» What to work on:
Look through the entries below and extract exactly the lines from the one containing "pub enum PatternFault" through the one containing "most 256 together.", ends included.

::::::::

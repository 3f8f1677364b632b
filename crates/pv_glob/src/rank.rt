//! The order of bytes in which the first shared path is chosen.
ghost use Rattle.std.specs.Prelude.{◌≡◌, ℕ, ◌<◌, ◌≤◌, ◌+◌};
ghost use Rattle.pv_glob.specs.Words.{rank};

/// Returns the index of a byte in the order that the search uses.
pub(crate) fn rank(byte: u8) -> u16
    ensures { result ≡ rank byte }
{
    let byte = u16::from(byte);
    match byte {
        97..=122 => byte - 97,
        48..=57 => byte - 48 + 26,
        65..=90 => byte - 65 + 36,
        _ => byte + 62,
    }
}

/// Returns the byte with this index in the order that the search uses.
pub(crate) fn byte_at(place: u16) -> u8
    requires byte { (b : ℕ) × (b < 256) × (rank b ≡ place) }
    ensures { rank result ≡ place }
{
    let byte = match place {
        0..=25 => place + 97,
        26..=35 => place - 26 + 48,
        36..=61 => place - 36 + 65,
        _ => place - 62,
    };
    byte as u8
}

/// Returns the least index, in the order that the search uses, of the bytes of a range.
pub(crate) fn first_rank(low: u8, high: u8) -> u16
    requires { low ≤ high }
    ensures found { (b : ℕ) × (low ≤ b) × (b ≤ high) × (rank b ≡ result) }
    ensures first { (b : ℕ) → low ≤ b → b ≤ high → result ≤ rank b }
{
    if low <= b'z' && b'a' <= high {
        rank(low.max(b'a'))
    } else if low <= b'9' && b'0' <= high {
        rank(low.max(b'0'))
    } else if low <= b'Z' && b'A' <= high {
        rank(low.max(b'A'))
    } else {
        rank(low)
    }
}
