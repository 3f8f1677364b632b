//! Why a text is not a pattern.
ghost use Rattle.std.specs.Prelude.{◌≡◌};
ghost use Rattle.pv_glob.specs.declared.pattern_fault.PatternFault.TheVariants.{Memory};

use std::alloc::AllocError;
use thiserror::Error;

/// Why a text is not a pattern. The variants are in the order of the checks, as `parse_pattern` makes them.
#[derive(Clone, Copy, Debug, PartialEq, Eq, Error)]
pub enum PatternFault {
    /// The text does not begin with a slash.
    #[error("NotAbsolute")]
    NotAbsolute,
    /// The text has a NUL byte.
    #[error("BadByte")]
    BadByte,
    /// The text has more than 4,095 bytes.
    #[error("PathTooLong")]
    PathTooLong,
    /// A component is `.` or `..`.
    #[error("DotComponent")]
    DotComponent,
    /// A component begins with `.#tf-`, as staging names do.
    #[error("StagingName")]
    StagingName,
    /// A bracket has no end.
    #[error("UnclosedBracket")]
    UnclosedBracket,
    /// A range in a bracket ends below its start, or at a class.
    #[error("BadRange")]
    BadRange,
    /// A bracket has a class that does not exist, or one that begins with `[.` or `[=`.
    #[error("BadClass")]
    BadClass,
    /// The braces of a component are not balanced, a pair of them is empty, or there are too many expansions.
    ///
    /// This component and those before it may have at most 256 together.
    #[error("Brace")]
    Brace,
    /// A component ends with a backslash that is not itself escaped.
    #[error("TrailingBackslash")]
    TrailingBackslash,
    /// An allocation failed.
    #[error("Memory")]
    Memory,
}

impl From<AllocError> for PatternFault {
    ghost from_gives = { λ _ fault. fault ≡ Memory };

    fn from(_error: AllocError) -> PatternFault {
        PatternFault::Memory
    }
}
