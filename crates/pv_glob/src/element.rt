//! The elements of patterns: bytes, wildcards and sets of bytes.
ghost use Rattle.std.specs.Prelude.{◌≡◌, IfOk};
ghost use Rattle.std.specs.List.{list_any};
ghost use Rattle.pv_glob.specs.Matching.{in_range, in_set};

use pv_path::Sequence;
use std::alloc::AllocError;

/// The bytes from `low` to `high`, both included, by value.
#[derive(Clone, Copy, PartialEq, Eq)]
pub struct ByteRange {
    /// The least byte.
    pub low: u8,
    /// The greatest byte. If it is less than `low`, the range has no bytes.
    pub high: u8,
}

impl ByteRange {
    /// Returns whether the range has this byte.
    fn has(self, byte: u8) -> bool
        ensures { result ≡ in_range byte self }
    {
        self.low <= byte && byte <= self.high
    }
}

/// The set of bytes for which a bracket stands: those in at least one range, or those in none.
#[derive(Clone, Drop)]
pub struct ByteSet {
    /// Whether the bytes are those in no range. The bracket then begins with `!` or `^`.
    pub negated: bool,
    /// The ranges of the bracket, in their order.
    pub ranges: Sequence<ByteRange>,
}

impl ByteSet {
    /// Returns whether the set has this byte (glob(7)).
    pub fn has(&self, byte: u8) -> bool
        ensures { result ≡ in_set self.now byte }
    {
        let listed = is_listed(self.ranges.as_slice(), byte);
        if self.negated { !listed } else { listed }
    }
}

/// Returns whether at least one of the ranges has this byte.
fn is_listed(ranges: &[ByteRange], byte: u8) -> bool
    ensures { result ≡ list_any (in_range byte) ranges.now }
{
    ranges.iter().any(|range| range.has(byte))
}

/// One element of a component (glob(7)). A period at the beginning of a name is matched only by `Byte`.
#[derive(Clone, Drop)]
pub enum Element {
    /// Exactly this byte.
    Byte(u8),
    /// `?`: any one byte.
    Any,
    /// `*`: any number of bytes, including none.
    Many,
    /// A bracket: one byte of a set.
    OneOf(ByteSet),
}

/// One component of a pattern: the elements that match one name of a path.
pub type Component = Sequence<Element>;

impl Element {
    /// Returns a copy of the element. The only error is `AllocError`.
    pub fn copy(&self) -> Result<Element, AllocError>
        ensures { IfOk result (λ copy. copy ≡ self.now) }
    {
        self.clone()
    }
}

/// Returns a copy of the component.
pub(crate) fn copy_of(component: &Component) -> Result<Component, AllocError>
    ensures { IfOk result (λ copy. copy ≡ component.now) }
{
    component.clone()
}
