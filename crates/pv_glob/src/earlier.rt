//! Chooses the earlier of two paths, in the order in which the first shared path is chosen.
ghost use Rattle.std.specs.Prelude.{◌≡◌, ℕ, List, length};
ghost use Rattle.std.specs.Ordering.{is_gt, nat_cmp, on};
ghost use Rattle.std.specs.Cmp.Lexicographic.{slice_cmp};
ghost use Rattle.pv_glob.specs.Words.{earlier_of, rank, shared_cmp, word_cmp};

use crate::rank::rank;
use pv_path::{Name, TreePath};
use std::cmp::Ordering;

/// Compares two words of the same length by the first bytes that differ.
fn bytes_order(a: &[u8], b: &[u8]) -> Ordering
    requires { length a.now ≡ length b.now }
    ensures { result ≡ slice_cmp (on rank nat_cmp) a.now b.now }
{
    for (i, byte) in a.iter().enumerate() {
        match rank(*byte).cmp(&rank(b[i])) {
            Ordering::Equal => {}
            order => return order,
        }
    }
    Ordering::Equal
}

/// Compares two words by length, and then by the first bytes that differ.
fn word_order(a: &[u8], b: &[u8]) -> Ordering
    ensures { result ≡ word_cmp a.now b.now }
{
    match a.len().cmp(&b.len()) {
        Ordering::Equal => bytes_order(a, b),
        order => order,
    }
}

/// Compares two lists with the same number of names by the first names that differ.
fn names_order(a: &[Name], b: &[Name]) -> Ordering
    requires { length a.now ≡ length b.now }
    ensures { result ≡ slice_cmp word_cmp a.now b.now }
{
    for (i, name) in a.iter().enumerate() {
        match word_order(name.bytes(), b[i].bytes()) {
            Ordering::Equal => {}
            order => return order,
        }
    }
    Ordering::Equal
}

/// Compares two paths by their number of names, and then by the first names that differ.
fn path_order(a: &TreePath, b: &TreePath) -> Ordering
    ensures { result ≡ shared_cmp a.now b.now }
{
    match a.len().cmp(&b.len()) {
        Ordering::Equal => names_order(a.names(), b.names()),
        order => order,
    }
}

/// Returns whether path `a` comes after path `b`.
fn is_after(a: &TreePath, b: &TreePath) -> bool
    ensures { result ≡ is_gt (shared_cmp a.now b.now) }
{
    path_order(a, b) == Ordering::Greater
}

/// Returns the earlier of two paths, if there are any. The call does not allocate.
pub(crate) fn earlier(found: Option<TreePath>, next: Option<TreePath>) -> Option<TreePath>
    ensures { result ≡ earlier_of found next }
{
    match found {
        None => next,
        Some(path) => match next {
            None => Some(path),
            Some(other) => {
                if is_after(&path, &other) {
                    Some(other)
                } else {
                    Some(path)
                }
            }
        },
    }
}
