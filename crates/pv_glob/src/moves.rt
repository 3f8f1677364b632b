//! An automaton over bytes, as a search sees it.
ghost use Rattle.std.specs.Prelude.{◌≡◌, ℕ, ◌+◌, ◌<◌, All, IfOk};
ghost use Rattle.pv_glob.specs.Machines.{AllInside, Machine, targets};

use pv_path::Sequence;
use std::alloc::{AllocError, Global};

/// One move of an automaton: each byte from `low` to `high`, both included and by value, leads to the state `to`.
#[derive(Clone, Copy, PartialEq, Eq)]
pub struct Move {
    /// The least byte.
    pub low: u8,
    /// The greatest byte.
    pub high: u8,
    /// The state to which the move leads, counted from 0.
    pub to: u32,
}

/// A list of moves.
pub type MoveList = Sequence<Move>;

/// A finite automaton that reads words byte by byte. A word is a string of bytes. The states are numbers, counted from
/// 0. A call of `moves` is a query, and the automaton has a budget of queries.
///
/// An end is an accepting state: a word is accepted if its bytes lead from state 0 to an end. Several moves from one
/// state may take the same byte.
pub trait Moves {
    /// In contracts: the automaton, with its number of states, its ends, and the states to which bytes lead.
    ghost machine: { Self → Machine };

    /// In contracts: how many queries are left.
    ghost questions: { Self → ℕ };

    /// Returns whether a state is an end. `at` is the state, below the number of states. The call does not allocate.
    fn end(&self, at: u32) -> bool
        requires { at < (machine self.now).places }
        ensures { result ≡ (machine self.now).is_end at };

    /// Returns the moves from a state, all of which lead to states that exist.
    ///
    /// `at` is the state, below the number of states. At least one query must be left. The call uses up one query, even
    /// after an error. The automaton stays the same. The only error is `AllocError`.
    fn moves(&mut self, alloc: Global, at: u32) -> Result<MoveList, AllocError>
        requires place { at < (machine self.old).places }
        requires question { 0 < questions self.old }
        ensures moves { IfOk result (λ moves. (b : ℕ) → targets moves b ≡ (machine self.old).after at b) }
        ensures inside { IfOk result (AllInside (machine self.old).places) }
        ensures same { machine self.new ≡ machine self.old }
        ensures cost { questions self.new + 1 ≡ questions self.old };
}
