//! Finds runs of bytes that lead to the same state, without a test of each byte.
ghost use Rattle.std.specs.Prelude.{◌≡◌, ◌≢◌, ◌⊎◌, ◌≤◌, ℕ, true, false, IfSome};
ghost use Rattle.pv_glob.specs.declared.element.Element.TheVariants.{Byte};
ghost use Rattle.pv_glob.specs.Marked.{is_marked, is_wild};

use crate::element::Element;

/// Returns whether an element is `*` or `?`.
pub(crate) fn is_wild(element: &Element) -> bool
    ensures { result ≡ is_wild element.now }
{
    matches!(element, Element::Any | Element::Many)
}

/// Returns the byte of one of two elements that matches this byte alone, if there is such an element.
pub(crate) fn written_in(left: &Element, right: &Element) -> Option<u8>
    ensures { IfSome result (λ written. (left.now ≡ Byte written) ⊎ (right.now ≡ Byte written)) }
{
    match (left, right) {
        (Element::Byte(byte), _) => Some(*byte),
        (_, Element::Byte(byte)) => Some(*byte),
        _ => None,
    }
}

/// Returns the last byte of a run from `byte` on that either is `written` alone or does not have `written`.
pub(crate) fn last_beside(written: u8, byte: u8) -> u8
    ensures later { byte ≤ result }
    ensures alike { (b : ℕ) → byte ≤ b → b ≤ result → (b ≡ byte) ⊎ ((b ≢ written) × (byte ≢ written)) }
{
    if byte < written {
        written - 1
    } else if byte == written {
        byte
    } else {
        255
    }
}

/// Returns the last byte of a run from `byte` on that `*` and `?` treat alike, whatever bytes came before.
pub(crate) fn last_unmarked(byte: u8) -> u8
    ensures later { byte ≤ result }
    ensures alike { (b : ℕ) → byte ≤ b → b ≤ result → (b ≡ byte) ⊎ ((is_marked b ≡ false) × (is_marked byte ≡ false)) }
{
    match byte {
        1..=34 => 34,
        36..=44 => 44,
        48..=101 => 101,
        103..=115 => 115,
        117..=255 => 255,
        _ => byte,
    }
}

::::::::

» Response:
pub enum PatternFault {
    /// The text does not begin with a slash.
    #[error("NotAbsolute")]
    NotAbsolute,
    /// The text has a NUL byte.
    #[error("BadByte")]
    BadByte,
    /// The text has more than 4,095 bytes.
    #[error("PathTooLong")]
    PathTooLong,
    /// A component is `.` or `..`.
    #[error("DotComponent")]
    DotComponent,
    /// A component begins with `.#tf-`, as staging names do.
    #[error("StagingName")]
    StagingName,
    /// A bracket has no end.
    #[error("UnclosedBracket")]
    UnclosedBracket,
    /// A range in a bracket ends below its start, or at a class.
    #[error("BadRange")]
    BadRange,
    /// A bracket has a class that does not exist, or one that begins with `[.` or `[=`.
    #[error("BadClass")]
    BadClass,
    /// The braces of a component are not balanced, a pair of them is empty, or there are too many expansions.
    ///
    /// This component and those before it may have at most 256 together.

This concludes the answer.